To the Editor:

I would like to point out a potentially dangerous error in the article, “Genetic susceptibility to VTE: A primary care approach” (published in the July 2009 issue), by Herbert D. Ridings, MA, PA-C; Lynn Holt; Rebecca Cook, MD; and Marisa B. Marques, MD. In this article, there is a blatant misuse of statistics to calculate the 20 most common causes of VTE. Table 1 lists seven disorders that are, in the authors' opinions, the most common causes of VTE; the conditions can affect 0.02% and 0.3% of the population, and 2.0% of whites. There is no mention in this list of a disease that effects between 2% and 5%—depending on which study you read—of the population: antiphospholipid antibody syndrome (APS or APLS, lupus anticoagulant syndrome, Hughes syndrome, and a number of other misnomers). This disease causes venous thrombosis, arterial thrombosis and is a truly systemic disease that, in the opinion of some of the world's top rheumatologists, is the predominant cause of clotting problems in accident and emergency admissions.

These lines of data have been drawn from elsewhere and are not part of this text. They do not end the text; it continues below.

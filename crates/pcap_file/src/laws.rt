//! Laws of writing and reading records. These functions compute nothing: their clauses are the laws.
ghost use Rattle.std.specs.Prelude.{◌≡◌, ◌<◌, ◌≤◌, ◌+◌, ◌^◌, ◌∷◌, ◌++◌, [], ℕ, List, length, Some, codes};
ghost use Rattle.std.specs.List.{All};
ghost use Rattle.pcap_file.specs.Blocks.{gains_interface_block, interface_block, interface_text};
ghost use Rattle.pcap_file.specs.Capture.{packets_of};
ghost use Rattle.pcap_file.specs.InterfaceTexts.{texts_in};
ghost use Rattle.pcap_file.specs.declared.decode.endian.Endian.TheVariants.{Little};
ghost use Rattle.pcap_file.specs.Entries.{Mark, entries_of};
ghost use Rattle.pcap_file.specs.declared.decode.record_mark.RecordMark.TheVariants.{Closed, Opened};
ghost use Rattle.pcap_file.specs.RecordedDatagram.{ArrivalView};
ghost use Rattle.pcap_file.specs.RecordedChange.{ChangeView, IsChange, change_octets, change_of};
ghost use Rattle.pcap_file.specs.IpHeader.{HasAddresses, carried, header_octets, words_sum};
ghost use Rattle.pcap_file.specs.WrittenRecord.{
  IsArrival,
  IsPath,
  PathView,
  closed_gains_record,
  closed_record,
  items_of,
  open_gains_record,
  open_record,
  packet_entries,
};
ghost use Rattle.pcap_file.specs.Times.{instants_in, nanoseconds_of};

/// States that sampling instants that are written as nanoseconds are read back unchanged.
pub fn instants_come_back()
    ensures { (instants : ℕ) → instants_in (nanoseconds_of instants) ≡ instants }
{}

/// States that the one's complement sum of an IPv4 header's words is all ones, with the checksum among them (RFC 1071).
pub fn checksums_are_right()
    ensures { (a : ArrivalView) → HasAddresses a → length a.octets ≤ 32784
        → carried (carried (words_sum (header_octets a))) ≡ 65535 }
{}

/// States that the name of a path and the description of its stream's configuration are read back as they were written,
/// and those of the interface of changes of gains.
pub fn paths_are_read_back()
    ensures path { (path : PathView) → IsPath path
        → texts_in Little (interface_block path.stream path.letter path.description)
        ≡ Some (record { name = interface_text path.stream path.letter; description = path.description }) }
    ensures gains { texts_in Little gains_interface_block
        ≡ Some (record { name = codes "gains"; description = codes "gains" }) }
{}

/// States that a change of gains is read back from its payload as it was taken.
pub fn changes_are_read_back()
    ensures { (change : ChangeView) → IsChange change → change_of (change_octets change) ≡ Some change }
{}

/// States that a record is read back as it was written: its opening, its datagrams, and its close if there is one. Its
/// blocks, in this order, are the section header, up to 64 interfaces, the datagrams on these, and the statistics. If
/// the gains of its run can change, one more interface is behind those of the paths, and the changes are datagrams on
/// it.
pub fn records_are_read_back()
    ensures open_packets { (open_at : ℕ) (paths : List PathView) (arrivals : List ArrivalView)
        → open_at < 2 ^ 63 → All IsPath paths → length paths ≤ 64
        → All (IsArrival (length paths)) arrivals
        → packets_of (open_record open_at paths arrivals) ≡ items_of arrivals }
    ensures open_entries { (open_at : ℕ) (paths : List PathView) (arrivals : List ArrivalView)
        → open_at < 2 ^ 63 → All IsPath paths → length paths ≤ 64
        → All (IsArrival (length paths)) arrivals
        → entries_of (open_record open_at paths arrivals) ≡ Mark (Opened open_at) ∷ packet_entries arrivals }
    ensures closed_packets { (open_at : ℕ) (paths : List PathView) (arrivals : List ArrivalView) (closed : ℕ)
        → open_at < 2 ^ 63 → All IsPath paths → 1 ≤ length paths → length paths ≤ 64
        → All (IsArrival (length paths)) arrivals → closed < 2 ^ 64
        → packets_of (closed_record open_at paths arrivals closed) ≡ items_of arrivals }
    ensures closed_entries { (open_at : ℕ) (paths : List PathView) (arrivals : List ArrivalView) (closed : ℕ)
        → open_at < 2 ^ 63 → All IsPath paths → 1 ≤ length paths → length paths ≤ 64
        → All (IsArrival (length paths)) arrivals → closed < 2 ^ 64
        → entries_of (closed_record open_at paths arrivals closed)
        ≡ Mark (Opened open_at) ∷ (packet_entries arrivals ++ Mark (Closed closed) ∷ []) }
    ensures open_gains_packets { (open_at : ℕ) (paths : List PathView) (arrivals : List ArrivalView)
        → open_at < 2 ^ 63 → All IsPath paths → length paths ≤ 64
        → All (IsArrival (length paths + 1)) arrivals
        → packets_of (open_gains_record open_at paths arrivals) ≡ items_of arrivals }
    ensures open_gains_entries { (open_at : ℕ) (paths : List PathView) (arrivals : List ArrivalView)
        → open_at < 2 ^ 63 → All IsPath paths → length paths ≤ 64
        → All (IsArrival (length paths + 1)) arrivals
        → entries_of (open_gains_record open_at paths arrivals) ≡ Mark (Opened open_at) ∷ packet_entries arrivals }
    ensures closed_gains_packets { (open_at : ℕ) (paths : List PathView) (arrivals : List ArrivalView) (closed : ℕ)
        → open_at < 2 ^ 63 → All IsPath paths → length paths ≤ 64
        → All (IsArrival (length paths + 1)) arrivals → closed < 2 ^ 64
        → packets_of (closed_gains_record open_at paths arrivals closed) ≡ items_of arrivals }
    ensures closed_gains_entries { (open_at : ℕ) (paths : List PathView) (arrivals : List ArrivalView) (closed : ℕ)
        → open_at < 2 ^ 63 → All IsPath paths → length paths ≤ 64
        → All (IsArrival (length paths + 1)) arrivals → closed < 2 ^ 64
        → entries_of (closed_gains_record open_at paths arrivals closed)
        ≡ Mark (Opened open_at) ∷ (packet_entries arrivals ++ Mark (Closed closed) ∷ []) }
{}
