//! Test vectors of the nearest number with given low bits (RFC 3550, A.1).
use rtp_stream::{near16, near32};
use std::process::Abort;

/// A sequence number, the reference, and the nearest number.
#[derive(Clone, Copy)]
struct Nearest16 {
    shows: &'static str,
    seq: u16,
    reference: i64,
    nearest: i64,
}

const NEAREST_16: [Nearest16; 6] = [
    Nearest16 {
        shows: "the next cycle begins with 0",
        seq: 0,
        reference: 131_071,
        nearest: 131_072,
    },
    Nearest16 {
        shows: "a late packet is of the cycle before",
        seq: 65_535,
        reference: 131_072,
        nearest: 131_071,
    },
    Nearest16 {
        shows: "half a cycle below the reference is the lower number",
        seq: 0,
        reference: 98_304,
        nearest: 65_536,
    },
    Nearest16 {
        shows: "a reference one lower gives the same number",
        seq: 0,
        reference: 98_303,
        nearest: 65_536,
    },
    Nearest16 {
        shows: "half a cycle below the begin of a cycle is in the cycle before",
        seq: 32_768,
        reference: 65_536,
        nearest: 32_768,
    },
    Nearest16 {
        shows: "half a cycle less one above it is in the same cycle",
        seq: 32_767,
        reference: 65_536,
        nearest: 98_303,
    },
];

/// A timestamp, the reference, and the nearest number.
#[derive(Clone, Copy)]
struct Nearest32 {
    shows: &'static str,
    ts: u32,
    reference: i64,
    nearest: i64,
}

const NEAREST_32: [Nearest32; 3] = [
    Nearest32 {
        shows: "a timestamp just below 2^32 is negative next to 0",
        ts: 4_294_967_290,
        reference: 0,
        nearest: -6,
    },
    Nearest32 {
        shows: "timestamp 0 follows 2^32 - 6",
        ts: 0,
        reference: 4_294_967_290,
        nearest: 4_294_967_296,
    },
    Nearest32 {
        shows: "half a cycle away is the lower number",
        ts: 2_147_483_648,
        reference: 0,
        nearest: -2_147_483_648,
    },
];

/// Returns the number nearest to a reference with these low 16 bits.
fn nearest_16(rt: &impl Abort, seq: u16, reference: i64) -> i64 {
    // `near16` requires a reference from -2^61 to 2^61.
    assert!(rt; -4_294_967_296 <= reference && reference <= 4_294_967_296);
    near16(seq, reference)
}

/// Returns the number nearest to a reference with these low 32 bits.
fn nearest_32(rt: &impl Abort, ts: u32, reference: i64) -> i64 {
    // As does `near32`.
    assert!(rt; -4_294_967_296 <= reference && reference <= 4_294_967_296);
    near32(ts, reference)
}

/// Sequence numbers of 16 bits and timestamps of 32 have their nearest numbers: from half a cycle below the reference
/// to just below half a cycle above it.
#[test]
fn low_bits_extend_to_the_nearest_number(rt: HostRuntime) {
    for row in &NEAREST_16 {
        let found = nearest_16(&rt, row.seq, row.reference);
        assert!(rt; found == row.nearest, "{}: {found}", row.shows);
    }
    for row in &NEAREST_32 {
        let found = nearest_32(&rt, row.ts, row.reference);
        assert!(rt; found == row.nearest, "{}: {found}", row.shows);
    }
}
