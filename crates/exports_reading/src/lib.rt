// The reading of a stored record for programs in C and Rust. It is a library of its own, and not one with the record function, since what
// two functions of one library call is compiled once for both, and then the steps of an instant are calls.
#![tactic(auto)]

ghost use Rattle.std.specs.Prelude.{◌≡◌};
ghost use Rattle.record.specs.Writing.{outcome_number, outcome_value};
ghost use Rattle.reading.specs.Reading.{reading};
ghost use Rattle.reading.specs.Acceptance.{Accepts};

// The release entries that made `stored`, a record, in the front of `out`. The answer is the number of the refusal, 0 where there is none;
// what `value` holds then is the length of the entries, the length needed with 13, or the place of the entry that is refused.
#[unsafe(no_mangle)]
pub extern "C" fn gateway_read(tasks: &[u8], stored: &[u8], out: &mut [u8], value: &mut usize) -> u8
    ensures value { result ≡ outcome_number (reading tasks.now stored.now out.old).outcome }
    ensures value_after { value.new ≡ outcome_value (reading tasks.now stored.now out.old).outcome }
    ensures out_after { out.new ≡ (reading tasks.now stored.now out.old).memory }
    ensures accepts { Accepts tasks.now stored.now out.old
        (reading tasks.now stored.now out.old).outcome out.new }
{
    let outcome = reading::read(tasks, stored, out);
    *value = record::value_of(outcome);
    record::number_of(outcome)
}
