// The lines of a case: its outcome with the harts whose reservation it broke, and each thing that is another after the event.
ghost use Rattle.std.specs.Prelude.{◌≤◌};

use machine::State;
use model::Outcome;
use reserve::Reservation;
use settings::Settings;
use std::io;
use word::bytes::load_at;

pub fn outcome(rt: &impl Print, number: u64, o: Outcome, broke: u64) -> io::Result<()> {
    print!(rt; "{number}")?;
    match o {
        Outcome::Retired => print!(rt; " ok")?,
        Outcome::ScStored => print!(rt; " sc 0")?,
        Outcome::ScFailed => print!(rt; " sc 1")?,
        Outcome::Trap { cause, value } => print!(rt; " trap {cause} {value:016x}")?,
        Outcome::Refused { number: n } => print!(rt; " refused {n}")?,
    }
    if broke != 0 {
        print!(rt; " broke {broke:02x}")?; // a bit for each of 8 harts
    }
    print!(rt; "\n")
}

// A number in decimal, if it is another after the event.
fn number_line(rt: &impl Print, label: &str, before: u64, after: u64) -> io::Result<()> {
    if before != after {
        println!(rt; "{label} {after}")?;
    }
    Ok(())
}

fn settings(rt: &impl Print, before: Settings, after: Settings) -> io::Result<()> {
    number_line(rt, "size", before.size, after.size)?;
    number_line(rt, "version", before.version, after.version)?;
    number_line(rt, "kind", before.kind, after.kind)?;
    number_line(rt, "misaligned", before.misaligned, after.misaligned)
}

fn registers(rt: &impl Print, before: &[u64; 256], after: &[u64; 256]) -> io::Result<()> {
    for (i, (&old, &value)) in before.iter().zip(after).enumerate() {
        if old != value {
            println!(rt; "h{} x{} {value:016x}", i / 32, i % 32)?;
        }
    }
    Ok(())
}

fn pcs(rt: &impl Print, before: &[u64; 8], after: &[u64; 8]) -> io::Result<()> {
    for (h, (&old, &pc)) in before.iter().zip(after).enumerate() {
        if old != pc {
            println!(rt; "h{h} pc {pc:016x}")?;
        }
    }
    Ok(())
}

fn reservation(rt: &impl Print, h: usize, after: Option<Reservation>) -> io::Result<()> {
    match after {
        None => println!(rt; "h{h} free"),
        Some(Reservation { addr, width }) => println!(rt; "h{h} reserved {addr:016x} {width}"),
    }
}

fn reservations(
    rt: &impl Print,
    before: &[Option<Reservation>; 8],
    after: &[Option<Reservation>; 8],
) -> io::Result<()> {
    for (h, (&old, &new)) in before.iter().zip(after).enumerate() {
        if old != new {
            reservation(rt, h, new)?;
        }
    }
    Ok(())
}

pub fn state(rt: &impl Print, before: &State, after: &State) -> io::Result<()> {
    number_line(rt, "count", before.count as u64, after.count as u64)?;
    settings(rt, before.settings, after.settings)?;
    registers(rt, &before.x, &after.x)?;
    pcs(rt, &before.pc, &after.pc)?;
    reservations(rt, &before.res, &after.res)
}

// The first len bytes, eight at a time.
pub fn memory(
    rt: &impl Print,
    before: &[u8; 8192],
    after: &[u8; 8192],
    len: usize,
) -> io::Result<()>
    requires { len ≤ 8192 }
{
    for k in 0..len.div_ceil(8) {
        let at = k * 8;
        let value = load_at(after, at, 8);
        if load_at(before, at, 8) != value {
            println!(rt; "mem {at} {value:016x}")?;
        }
    }
    Ok(())
}
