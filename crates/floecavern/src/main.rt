// floecavern < CASE: a case on standard input, its lines on standard output. floecavern SETTINGS BOARD < CASE: the same on a board of a settings file, by its
// number, from 0. What can't be read or written is told on standard error.
#![tactic(auto)]

ghost use Rattle.settings.specs.Boards.{BoardRules};

use arguments::{is_given, tell};
use board_choice::NoBoard;
use input::read_full;
use refusal::Refusal;
use settings::Board;

fn write_lines(rt: &HostRuntime, text: &[u8]) {
    if let Err(e) = rt.write_all(text) {
        tell(rt, &mut rt.stderr(), b"floecavern", b"standard output", e);
    }
}

fn run(rt: &HostRuntime, board: Board)
    requires { BoardRules board }
{
    // one byte more than a case may have, so that a longer file is seen to be longer
    let mut space = [0u8; 65537];
    let n = match read_full(&mut rt.stdin(), &mut space) {
        Ok(n) => n,
        Err(e) => {
            tell(rt, &mut rt.stderr(), b"floecavern", b"standard input", e);
            return;
        }
    };
    let mut out = [0u8; 262144];
    let r = report::report_on(board, &space[..n], &mut out);
    write_lines(rt, &out[..r]);
}

// The line of a settings file that is refused: the case isn't read.
fn refuse(rt: &HostRuntime, refusal: Refusal) {
    let mut out = [0u8; 50];
    let r = report::put_refused(&mut out, 0, refusal);
    write_lines(rt, &out[..r]);
}

fn run_on_board(rt: &HostRuntime) {
    match board_choice::chosen(rt, &mut rt.stderr(), b"floecavern", 1, 2) {
        Ok(board) => run(rt, board),
        Err(NoBoard::Refused(refusal)) => refuse(rt, refusal),
        Err(NoBoard::Told) => {}
    }
}

fn main(rt: HostRuntime) {
    if !is_given(&rt, 1) {
        run(&rt, settings::default_board());
        return;
    }
    if is_given(&rt, 2) && !is_given(&rt, 3) {
        run_on_board(&rt);
        return;
    }
    let _ = eprintln!(rt; "use: floecavern [SETTINGS BOARD] < CASE");
}
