// Performs single events, each on a state of its own, and writes the outcome of each and what it changed. Standard input is items of 24 bytes
// that build a state and name an event; tools/event-table says their layout, makes them and, by another model, the text that is expected.
#![tactic(auto)]

ghost use Rattle.std.specs.Prelude.{◌≡◌, ◌+◌, ◌%◌, ◌^◌, ◌≤◌, min, length, take, if◌then◌else◌, nat_lt, IfOk, OnErr};
ghost use Rattle.std.specs.Io.{ReadsAtMost};
ghost use Rattle.model.specs.Perform.{answer_of};
ghost use Rattle.event_table.specs.Build.{first_of, item_kind, patch_of, event_in};

use build::Case;
use events::Event;
use input::read_full;
use machine::State;
use model::Answer;
use std::io;
use std::io::Read;

mod build;
mod show;

// The answer to an event, with the first len bytes of mem lent.
fn answer(s: State, base: u64, mem: &mut [u8], len: usize, e: Event) -> Answer
    ensures { result ≡ answer_of base (take (min len (length mem.old)) mem.old) s e }
{
    let n = len.min(mem.len());
    model::perform(s, base, &mut mem[..n], e)
}

// Performs the event of a case, and writes the case's lines.
fn perform(rt: &impl Print, c: &Case, mem: &mut [u8; 8192], e: Event) -> io::Result<()> {
    let old = *mem;
    let a = answer(c.state, c.base, mem, c.len, e);
    show::outcome(rt, c.number, a.outcome, a.broke)?;
    show::state(rt, &c.state, &a.state)?;
    show::memory(rt, &old, mem, c.len.min(8192))
}

// The event that an item is, where its kind is 7, 8 or 9.
#[tactic(auto, unfolding(crate::specs::Build::event_in))]
fn event(item: &[u8; 24]) -> Event
    ensures { result ≡ event_in item.now }
{
    match item[0] {
        7 => Event::Step {
            hart: build::a(item) as usize,
        },
        8 => Event::Device {
            addr: build::a(item),
            size: build::n(item) as usize,
            data: build::b(item),
        },
        _ => Event::Yield {
            hart: build::a(item) as usize,
        },
    }
}

// A case after one more item: an event ends it, and the next case begins. Only an event is written of, which may fail.
fn take(rt: &impl Print, c: &mut Case, mem: &mut [u8; 8192], item: &[u8; 24]) -> io::Result<()>
    ensures value { IfOk result (λ _. c.new ≡ (if nat_lt (item_kind item.now) 7 then patch_of c.old item.now else first_of ((c.old.number + 1) % 2 ^ 64))) }
    ensures err { OnErr result (7 ≤ item_kind item.now) }
{
    if item[0] < 7 {
        build::patch(c, mem, item);
        return Ok(());
    }
    perform(rt, c, mem, event(item))?;
    build::fill(mem);
    *c = build::first(c.number.wrapping_add(1));
    Ok(())
}

// Reads the next item: how many of its bytes there were.
fn read<R: Read>(reader: &mut R, item: &mut [u8; 24]) -> io::Result<usize>
    ensures { ReadsAtMost result item.new }
{
    read_full(reader, item)
}

fn main(rt: HostRuntime) -> io::Result<()> {
    let mut mem: [u8; 8192] = [0; 8192];
    build::fill(&mut mem);
    let mut item: [u8; 24] = [0; 24];
    let mut c = build::first(0);
    // A table has a million items at most: what stands behind them isn't read.
    for _ in 0..1000000 {
        if read(&mut rt.stdin(), &mut item)? != 24 {
            break;
        }
        take(&rt, &mut c, &mut mem, &item)?;
    }
    Ok(())
}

I find it completely unprofessional for a journal to include a poorly documented opinion as a potential CME educational tool. I would like to hear your comments on the subject matter and if JAAPA will be publishing a correction notice so that those who have been misinformed can be made aware that another disease should be included among the top five of any list of causes of VTE, and for which a series of simple studies should be undertaken in many, if not all, cases of VTE.

Sir Edward Bulfin, PhD, KCHS


Author's response: The objective of the article “Genetic susceptibility to venous thromboembolism: A primary care approach” was to provide primary care clinicians with information about the common genetic causes of venous thromboembolism. This was considered important because genetic tests are now available to identify these disorders and because the presence of these genetic abnormalities significantly increases a person's risk of thromboembolism, particularly when the disorders are coinherited or present in the setting of one or more of the acquired risk factors, such as pregnancy or prolonged bed rest.

Antiphospholipid antibody syndrome (APS) is not a genetic disorder. It is an acquired risk factor with no genetic abnormality that can be identified through genetic testing. Antibodies are present with APS, but they are some of the same antibodies associated with diseases like systemic lupus erythematosus. APS has a wide range of clinical manifestations, and diagnosis depends on excluding the other autoimmune disorders associated with these APS antibodies.

A full discussion of the acquired risk factors for venous thromboembolism was beyond the scope of this article, and that point was made in the opening paragraphs of the article. If the audience is interested in a follow-up article that describes the 20 or 25 acquired risk factors that can cause venous thromboembolism, the authors are willing to provide this in the future.

As a final point, the autoimmune nature of APS and diseases like SLE suggest that a genetic component does exist with these diseases, and there is reason to hope that the Human Genome Project will identify the nature of these genetic abnormalities in the future.